As the article mentions, almost no one is really running straight PHP, they're running it through FastCGI or are at least using an opcode cache like APC. So you could be swapping out APC for HPHP, but this is at a level of abstraction below the one you're working in.
Regarding future control of PHP, this does not change anything. Its a compiler for the language, but does not propose any changes to the language itself.
I'm fairly confident about that... I gave up PHP years ago :)
the performance numbers were against PHP with APC op-code caching enabled
eval, create_function, and preg_replace with /e (basically eval), and conditional flow based on the existance of functions are the only features not supported.
Currently PHP5.2 with a roadmap of 5.2.12 compliant in the next month and 5.3 being the focus after that.
Hmm. I'm guessing they're comparing it to their PHP stack that has already had the living daylights optimized out of it (with cached bytecode, etc.) and/or a large proportion of their pages doesn't hit much code (lots of stuff cached?). I'd have thought there would be more mileage in this.
Amazon's original core platform (obidos) was written in C++ and deployed as one monolithic binary. I've heard that one of the major things pushing their Java rewrite (dp) was that the binary no longer fit comfortably into memory!

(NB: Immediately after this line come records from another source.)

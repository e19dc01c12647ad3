//! Serial placement: one item in a cycle.

ghost use Rattle.std.specs.Prelude.{◌≡◌, ◌≤◌, true, IfOk};
ghost use Rattle.tta_arch.specs.Rules.{IsMachine};
ghost use Rattle.tta_connect.specs.Net.{IsNetOf};
ghost use Rattle.tta_moves.specs.Slots.{is_list};
ghost use Rattle.tta_moves.specs.Bounds.{Respects};
ghost use Rattle.tta_sched.specs.Serial.{serial_length, IsSerial};
ghost use Rattle.tta_sched.specs.Room.{HasRoom};

use crate::alone::slot_alone;
use std::alloc::{AllocError, Global};
use tta_arch::Machine;
use tta_connect::{Net, TargetMachine};
use tta_depend::lasts;
use tta_list::Items;
use tta_moves::parts::is_control;
use tta_moves::{BlockList, Item, Placed, PlacedItem};

/// How many cycles a block takes whose items are over in so many: a last control item adds its delay.
fn block_length(m: &Machine, items: &[Item], end: u32) -> u32
    requires { end ≤ 4294967200 }
    ensures value { result ≡ serial_length m.now items.now end }
    ensures rules { IsMachine m.now }
{
    let delay = u32::from(m.control.delay);
    match items.last() {
        Some(x) if is_control(*x) => end + delay,
        _ => end.max(1),
    }
}

/// Places the items of a block in their order, one in a cycle, each in the first cycle in which all
/// items before it are over, on the least slot that carries it. The only error is out of memory.
pub fn place_serial(
    alloc: Global,
    b: &BlockList,
    m: &Machine,
    net: &Net,
) -> Result<Placed, AllocError>
    requires net { IsNetOf net.now m.now }
    requires list { is_list m.now b.now.items ≡ true }
    ensures serial { IfOk result (λ p. IsSerial m.now b.now.items p) }
    ensures respects { IfOk result (λ p. Respects m.now b.now.items p) }
    ensures room { IfOk result (λ p. HasRoom m.now b.now.items p) }
{
    let on = TargetMachine { machine: m, net };
    let mut placed = Items::new(alloc);
    let mut cycle = 0;
    for x in b.items.as_slice() {
        let slot = slot_alone(&on, *x);
        placed.push(PlacedItem {
            item: *x,
            cycle,
            slot,
        })?;
        cycle += lasts(m, *x);
    }
    let length = block_length(m, b.items.as_slice(), cycle);
    Ok(Placed {
        items: placed,
        length,
    })
}
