//! An item alone: what carries it.

ghost use Rattle.std.specs.Prelude.{◌≡◌, ◌<◌, ◌≤◌, ℕ, true, false, length, slice_get};
ghost use Rattle.std.specs.Option.{option_map_or};
ghost use Rattle.std.specs.List.{list_any};
ghost use Rattle.tta_moves.specs.Slots.{carries, fills, has_slot};
ghost use Rattle.tta_sched.specs.Serial.{IsLeastAlone};

use tta_arch::Template;
use tta_connect::TargetMachine;
use tta_moves::{Item, Slot, carried};

/// Whether a template writes an immediate register.
fn fills(t: &Template, imm: u8, reg: u8) -> bool
    ensures { result ≡ fills imm reg t.now }
{
    t.imm == imm && t.reg == reg
}

/// The first template that writes an immediate register.
fn first_template(templates: &[Template], imm: u8, reg: u8) -> u8
    requires few { length templates.now ≤ 8 }
    requires some { list_any (fills imm reg) templates.now ≡ true }
    ensures there { option_map_or (fills imm reg) (slice_get templates.now result) false ≡ true }
    ensures least { (k : ℕ) → k < result
        → option_map_or (fills imm reg) (slice_get templates.now k) false ≡ false }
{
    for (t, template) in templates.iter().enumerate() {
        if fills(template, imm, reg) {
            return t as u8;
        }
    }
    unreachable!()
}

/// The least slot that carries an item that is alone in its cycle.
pub fn slot_alone(on: &TargetMachine<'_>, x: Item) -> Slot
    requires slot { has_slot on.now.machine.now x ≡ true }
    ensures carried { carries on.now.machine.now result x ≡ true }
    ensures least { IsLeastAlone on.now.machine.now x result }
{
    let m = on.machine;
    match x {
        Item::Move { guard, src, dst } => match on.net.bus_for(m, &carried(m, src), &dst, &guard) {
            Some(bus) => Slot::Bus(bus),
            None => unreachable!(),
        },
        Item::Long { imm, reg, .. } => Slot::Template(first_template(
            m.templates.as_slice(),
            imm,
            reg,
        )),
    }
}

update: I went and looked it up. They do indeed have a great big cache, many of them in fact. In fact their Amsterdam presence runs only cache! From what I can tell, it seems their bottleneck is actually Apache, and presumably a lot of that is PHP.
Interesting presentation here: http://wikimania2009.wikimedia.org/w/index.php?title=Media:R...
Also check this out: http://ganglia.wikimedia.org/pmtpa/?gw=fwd&gs=Wikimedia%...
Go down to the MySQL section. Plenty of headroom, but the Apaches are working hard.
from php import cppCompiler
not sure why that took 2 years
There were quite a few other options aside from writing a translator.
Or maybe the way their replication works, so when you post things get out of order depending on what server you are looking at?
In short, if FB had incompetent or even "just" competent engineering, they would not have close to 400 million users. And yet they do, and I have never noticed the site performing slowly. They're not Google, fine, but they have an excellent team and if you're not impressed by their performance I wonder what you would be impressed by.
Myspace had (and still does to a lesser extent) extremely large user base, and we know they had some stability issues (Honestly though, I've listened to their tech presentations and am more impressed than the things I've seen Facebook do).
No, I don't imagine Gacebook is programmed by a bunch of incompetent monkeys, but compared to Google, Amazon, Yahoo, or many other companies that have had to deal with large scaling issues, their approach seems amateur.
Both values sound good in theory, but are both meaningless. How is the code coverage? How many man months? How many developers?